The Centre for Science in the Public Interest (CSPI), a public health advocacy group, used the campaign to make a point about the health risks associated with drinking a lot of Coke. Using the company’s custom label creator, they invited the world to “Share a Coke with Obesity.”

Coke tried to anticipate this sort of thing. There is a long list of words you can’t use. Surprisingly, obesity wasn’t one of them.

Mike Howard, CEO of Boston design agency Daughters and  Howard, was playing with the generator while working for the CSPI. He created the bottle and shared it with the world. Coke has now placed “obesity” on its list of banned words, but the damage was already done.

Is this just an attention-seeking gimmick? Does it actually achieve anything?

We’re not sure. On one hand, it’s tempting to see these kinds of attacks on Coca-Cola as being an easy target for self-promotion. After all, nobody thinks that Coca-Cola is good for them. This gimmick isn’t saying anything new. And yet, despite this knowledge, people still continue to drink it. Faced with marketing efforts fuelled by billions of dollars, people make unhealthy choices. It’s this, surely, that we need to attack.

Coca-Cola thinks it’s all a bit childish:

“Thousands of Coca-Cola fans have created custom bottles through this program, and the ‘Share a Coke’ website has guardrails in place to help ensure a positive customer experience,” wrote a company spokesman in an email to TakePart. “It’s unfortunate that CSPI and others deliberately try to turn a fun experience into something negative to further attacks on our brand.”

But then, Coke would say that. And in that last sentence, perhaps, lies the campaign’s value: it attacks the brand. Faced with slick, multi-million pound marketing, perhaps slick marketing is the only way to fight back? Men in lab coats telling us how unhealthy Coke is clearly isn’t really working; a new approach is needed.

The problem with these kinds of campaigns is that they simplify complex problems. There’s always the risk that, rather than directing their ire at the company in questio, people will respond by criticising its customers. If obesity can be solved by something as simple as not drinking Coke anymore, people might think, why are people so stupid as to do it? Obesity should be understood as the complex condition it is, with Coke – and the marketing power of the food industry more widely – just one factor. These campaigns risk undermining that. It’s why we disagreed with CrossFit a couple of months ago. Their ironic undermining of Coke’s slogan was a bit aggressive, and seemed to place as much blame on the consumer as the hugely powerful, multi-billion pound manufacturer.

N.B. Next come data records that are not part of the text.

// What all kinds of documents share.
ghost use Rattle.std.specs.Prelude.{◌≡◌, ◌≢◌, ℕ, List, Ok, Err, IfOk, IfErr};
ghost use Rattle.jiff_core.specs.declared.timestamp.Timestamp.{Timestamp as Instant};
ghost use Rattle.sigstore_tuf_parts.specs.Integrity.{is_past, fresh_of};

use crate::integrity::{check_fresh, is_past};
use sigstore_tuf_text::Error;
use sigstore_types_parts::FromValue;
use std::alloc::Global;

/// The content of a document of one kind; `from_value` reads its members, and `Metadata::from_slice`
/// compares its kind before.
pub trait Role: FromValue<Error> {
    ghost kind: { List ℕ };

    ghost version_in: { Self → ℕ };

    ghost expires_in: { Self → Instant };

    /// The kind, as `_type` names it.
    fn kind() -> &'static str
        ensures { result.now ≡ kind };

    /// The document's version.
    fn version(&self) -> u64
        ensures { result ≡ version_in self.now };

    /// When the document expires.
    fn expires(&self) -> jiff::Timestamp
        ensures { result ≡ expires_in self.now };

    /// Whether the document expires before now.
    final fn is_expired(&self, now: jiff::Timestamp) -> bool
        ensures { result ≡ is_past (expires_in self.now) now }
    {
        is_past(self.expires(), now)
    }

    /// Whether the document hasn't expired now. Errors: `Expired`.
    final fn check_fresh(&self, alloc: Global, now: jiff::Timestamp) -> Result<(), Error>
        ensures ok { IfOk result (λ v. fresh_of kind (expires_in self.now) now ≡ Ok v) }
        ensures err { IfErr result (λ e. e ≢ Error.NoMemory → fresh_of kind (expires_in self.now) now ≡ Err e) }
    {
        match check_fresh(alloc, Self::kind(), self.expires(), now) {
            Ok(()) => Ok(()),
            Err(e) => Err(e),
        }
    }
}
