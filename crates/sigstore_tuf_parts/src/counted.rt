// The signatures of a document that count for a role.
ghost use Rattle.std.specs.Prelude.{◌≡◌, ℕ, List, [], ◌&&◌, ◌==◌, not, length, map, IfOk};
ghost use Rattle.std.specs.Option.{option_copied};
ghost use Rattle.sigstore_tuf_parts.specs.Threshold.{is_among, counted_of, ids_of, second_after};

use crate::document::Signature;
use crate::keys::RoleKeys;
use crate::text_set::TextSet;
use foundation::NoMemory;
use sigstore_types_parts::Text;
use std::alloc::Global;

// The set of these texts.
fn set_of<'t>(alloc: Global, texts: &'t [Text]) -> Result<TextSet<'t>, NoMemory>
    ensures { IfOk result (λ set. (text : List ℕ) → is_among set text ≡ is_among texts.now text) }
{
    let mut set = TextSet::new(alloc);
    for text in texts {
        set.insert(text.as_str())?;
    }
    Ok(set)
}

// Whether a signature is of one of these ids, and not empty.
fn counts(ids: &TextSet<'_>, signature: &Signature) -> bool
    ensures { result ≡ (is_among ids.now signature.now.keyid && not (length signature.now.sig == 0)) }
{
    ids.contains(signature.keyid.as_str()) && !signature.sig.as_str().is_empty()
}

/// The signatures of ids that the role names, but for empty ones, in their order.
pub(crate) fn counted<'s>(
    alloc: Global,
    role_keys: &RoleKeys,
    signatures: &'s [Signature],
) -> Result<Vec<&'s Signature>, NoMemory>
    ensures { IfOk result
        (λ found. map (λ s. s.now) found.items ≡ counted_of role_keys.now signatures.now) }
{
    let ids = set_of(alloc, role_keys.keyids.as_slice())?;
    let mut found = Vec::new(alloc);
    for signature in signatures {
        if counts(&ids, signature) {
            found.push(signature)?;
        }
    }
    Ok(found)
}

/// The first id whose second signature comes.
pub(crate) fn second_id<'s>(
    alloc: Global,
    signatures: &[&'s Signature],
) -> Result<Option<&'s Text>, NoMemory>
    ensures { IfOk result
        (λ id. option_copied id ≡ second_after [] (ids_of (map (λ s. s.now) signatures.now))) }
{
    let mut seen = TextSet::new(alloc);
    for signature in signatures {
        if !seen.insert(signature.keyid.as_str())? {
            return Ok(Some(&signature.keyid));
        }
    }
    Ok(None)
}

But maybe that’s a risk we have to take. Thanks to the rise of social media, people are more socially conscious these days. Businesses are expected to conduct themselves in a responsible way. Twitter, Facebook and other forms of social media give consumers a chance to voice their opposition to the unethical behaviour of large companies, and, with strength in numbers, threaten profits enough to change them. It’s fair to say we need to engage social media to meaningfully challenge the unethical practices of companies like Coca-Cola.

The questio, then, is how do we engage social media? With catchy, shareable content. Unfortunately, catchy, shareable content tends to be a bit shallow. The message has to be easily digestible and to the point. Perhaps the somewhat simplistic nature of the messages is an inevitable casualty of a more effective form of opposition.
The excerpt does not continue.